Traditionally, fungi have been grouped into hierarchies based on their reproductive morphological characters. However, because many fungi, especially in the Ascomycetes, have both a sexual (teleomorphic) and asexual (anamorphic) state that may be separated by time and/or space mycology has two nomenclature. It is my intention during the course of my career to work towards the fusion these nomenclatures. This research interest is not mine alone and can not be accomplished by any one fungal systematist. The acceptance of one name for one organism must to be embraced by mycology as a whole if this is to be accomplished. However, the research interests that I have discussed above provide a framework for connecting these two nomenclatures into one phylogenetically based nomenclature. By linking the teleomorphic and anamorphic morphological characters that make up a fungal species we can recognize that organism in its complete life cycle.

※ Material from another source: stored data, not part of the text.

//! A log's bytes are read in memory.

ghost use Rattle.std.specs.Prelude.{◌≡◌, ◌≤◌, ◌<◌, ◌-◌, ◌^◌, [], ◌∷◌, Ok, length, take, drop, IfOk, IfErr, IfNone, IfSome, OnOk};
ghost use Rattle.std.specs.Option.{option_map};
ghost use Rattle.np_log.specs.Lower.{lines_of};
ghost use Rattle.np_log.specs.Batch.{batch_of, ends_in_newline, events_of};
ghost use Rattle.np_log.specs.Log.{after_record, first_bytes, first_record, go_on, is_open, record_in, walk_of};
ghost use Rattle.np_log.specs.Walking.{Fails, IsNear, Walks, walk_view};

use crate::fault::LoadFault;
use np_event::{Event, read_event};
use np_text::{JOURNAL_ENTRIES, line_at};
use std::alloc::{AllocError, Global};

/// A place at a gate, and what the records before it say.
#[derive(Drop)]
pub(crate) struct LogWalk {
    pub(crate) config: Vec<u8>,
    pub(crate) events: Vec<Event>,
    /// How many bytes are before the gate.
    pub(crate) gate: u64,
    /// How many records are before the gate.
    pub(crate) number: u32,
}

/// The first bytes and what follows them, unless there are fewer.
fn first_bytes(count: usize, bytes: &[u8]) -> Option<(&[u8], &[u8])>
    ensures parts { option_map (λ parts. (parts.0.now, parts.1.now)) result
        ≡ first_bytes count bytes.now }
    ensures length { IfSome result (λ parts. length parts.0.now ≡ count) }
{
    if count <= bytes.len() {
        Some(bytes.split_at(count))
    } else {
        None
    }
}

/// The payload of the record at the front, and what follows the record.
#[tactic(auto, unfolding(crate::specs::Log::record_in))]
fn record_in(bytes: &[u8]) -> Option<(&[u8], &[u8])>
    ensures parts { option_map (λ parts. (parts.0.now, parts.1.now)) result ≡ record_in bytes.now }
    ensures short { IfSome result (λ parts. length parts.0.now < 2 ^ 32) }
{
    let (size, rest) = bytes.split_first_chunk::<4>()?;
    first_bytes(u32::from_be_bytes(*size) as usize, rest)
}

fn is_open(gate: u8) -> bool
    ensures { result ≡ is_open gate }
{
    gate == 1
}

/// The payload of record 0, and what follows the record.
fn first_record(bytes: &[u8]) -> Option<(&[u8], &[u8])>
    ensures parts { option_map (λ parts. (parts.0.now, parts.1.now)) result
        ≡ first_record bytes.now }
    ensures short { IfSome result (λ parts. length parts.0.now < 2 ^ 32) }
{
    match bytes {
        [gate, rest @ ..] if is_open(*gate) => record_in(rest),
        _ => None,
    }
}

/// The bytes between two places.
fn between(text: &[u8], start: usize, end: usize) -> &[u8]
    requires { (start ≤ end) × (end ≤ length text.now) }
    ensures { result.now ≡ take (end - start) (drop start text.now) }
{
    let (_, rest) = text.split_at(start);
    rest.split_at(end - start).0
}

/// The events of a text's lines, and `None` if one of them is no event's.
fn events_of(alloc: Global, text: &[u8]) -> Result<Option<Vec<Event>>, AllocError>
    ensures { IfOk result (λ found. option_map (λ events. events.items) found
        ≡ events_of (lines_of text.now)) }
{
    let mut events = Vec::new(alloc);
    let mut from = 0;
    while let Some((start, end)) = line_at(text, from) {
        let Ok(event) = read_event(between(text, start, end)) else {
            return Ok(None);
        };
        events.push(event)?;
        from = (end + 1).min(text.len());
    }
    Ok(Some(events))
}

fn ends_in_newline(text: &[u8]) -> bool
    ensures { result ≡ ends_in_newline text.now }
{
    matches!(text.last(), Some(byte) if *byte == b'\n')
}

/// The events of a payload of 1 to 64 event lines, each with its newline, and `None` for any other
/// payload.
fn batch_of(alloc: Global, payload: &[u8]) -> Result<Option<Vec<Event>>, AllocError>
    ensures { IfOk result (λ found. option_map (λ events. events.items) found
        ≡ batch_of payload.now) }
{
    if !ends_in_newline(payload) {
        return Ok(None);
    }
    let Some(events) = events_of(alloc, payload)? else {
        return Ok(None);
    };
    if events.is_empty() || events.len() > 64 {
        return Ok(None);
    }
    Ok(Some(events))
}

/// Walks past a record with this payload.
fn go_past(alloc: Global, walk: &mut LogWalk, payload: &[u8]) -> Result<(), LoadFault>
    requires near { IsNear (walk_view walk.old) }
    requires short { length payload.now < 2 ^ 32 }
    ensures ok { OnOk result (after_record (walk_view walk.old) payload.now
        ≡ Ok (walk_view walk.new)) }
    ensures near { OnOk result (IsNear (walk_view walk.new)) }
    ensures err { IfErr result (λ fault.
        Fails fault (after_record (walk_view walk.old) payload.now)) }
{
    let Some(batch) = batch_of(alloc, payload)? else {
        return Err(LoadFault::Damaged {
            number: walk.number,
        });
    };
    if walk.events.len() + batch.len() > JOURNAL_ENTRIES {
        return Err(LoadFault::Damaged {
            number: walk.number,
        });
    }
    walk.events.extend_from_slice(&batch)?;
    walk.gate += payload.len() as u64 + 5;
    walk.number += 1;
    Ok(())
}

/// The gate at the front, and what is behind it.
fn at_gate(bytes: &[u8]) -> Option<(u8, &[u8])>
    ensures found { IfSome result (λ parts. bytes.now ≡ parts.0 ∷ parts.1.now) }
    ensures none { IfNone result (bytes.now ≡ []) }
{
    match bytes {
        [gate, body @ ..] => Some((*gate, body)),
        [] => None,
    }
}

/// Walks from a gate to the first closed one.
fn go_on(alloc: Global, start: LogWalk, bytes: &[u8]) -> Result<LogWalk, LoadFault>
    requires near { IsNear (walk_view start) }
    ensures walks { Walks result (go_on (walk_view start) bytes.now) }
    ensures near { IfOk result (λ walk. IsNear (walk_view walk)) }
{
    let mut walk = start;
    let mut rest = bytes;
    'records: loop {
        let Some((gate, body)) = at_gate(rest) else {
            return Err(LoadFault::Damaged {
                number: walk.number,
            });
        };
        if !is_open(gate) {
            return Ok(walk);
        }
        let Some((payload, more)) = record_in(body) else {
            return Err(LoadFault::Damaged {
                number: walk.number,
            });
        };
        go_past(alloc, &mut walk, payload)?;
        rest = more;
    }
}

/// Walks to the end of a log. The time grows with its bytes.
#[tactic(auto, unfolding(crate::specs::Log::walk_of))]
pub(crate) fn walk_of(alloc: Global, bytes: &[u8]) -> Result<LogWalk, LoadFault>
    ensures walks { Walks result (walk_of bytes.now) }
    ensures near { IfOk result (λ walk. IsNear (walk_view walk)) }
{
    let Some((config, rest)) = first_record(bytes) else {
        return Err(LoadFault::Damaged { number: 0 });
    };
    let start = LogWalk {
        config: config.to_vec(alloc)?,
        events: Vec::new(alloc),
        gate: config.len() as u64 + 5,
        number: 1,
    };
    go_on(alloc, start, rest)
}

Definitive linkages are made through the isolation of one morph in culture and getting it to produce the other morph in the same culture. Another method of linking two morphs is by sequencing them (usually the internal transcribed sequences of the ribosomal DNA) and looking for congruence. If both morphs can not be found or developed in culture then the diagnostic sequence indels could be used as the characters needed to place the strain into the group with which it shares a most recent common ancestor. Furthermore, if we can determine how and where host substrate shifts are most likely to occur we may be able to avoid the taxonomic placement of organisms based on their host substrate as is often seen in fungal taxonomy. By taxonomically placing these organisms into monophyletic groups we will create a nomenclature that is based on the shared evolutionary history of these organisms.

Other Projects

There is a tremendous need for alpha taxonomy in mycology. It was conservatively estimated in 1991 that a mere 5% of the planet’s fungal diversity is known. This estimate was extrapolated from the ratio of fungi associated with plants and plant species known in the United Kingdom. This is likely an underestimate because it does not consider fungi associated with other organisms and does not represent the diversity that is found in the tropics. Barro Colorado Island (BCI) in Panama offers an excellent opportunity to develop estimates of fungal biodiversity. BCI is the most well study tropic forest in the world, complete with plant and animal (excluding arthropods) species lists.

Recently, I was awarded a grant to study the biodiversity of soil and detritus fungi of BCI. This initial study will certainly provide new species and likely new genera but will also be a step towards elucidating the fungal diversity of BCI. I intend to continue biodiversity studies at BCI and develop fungal diversity estimates that take these hyper-diverse ecosystems into consideration.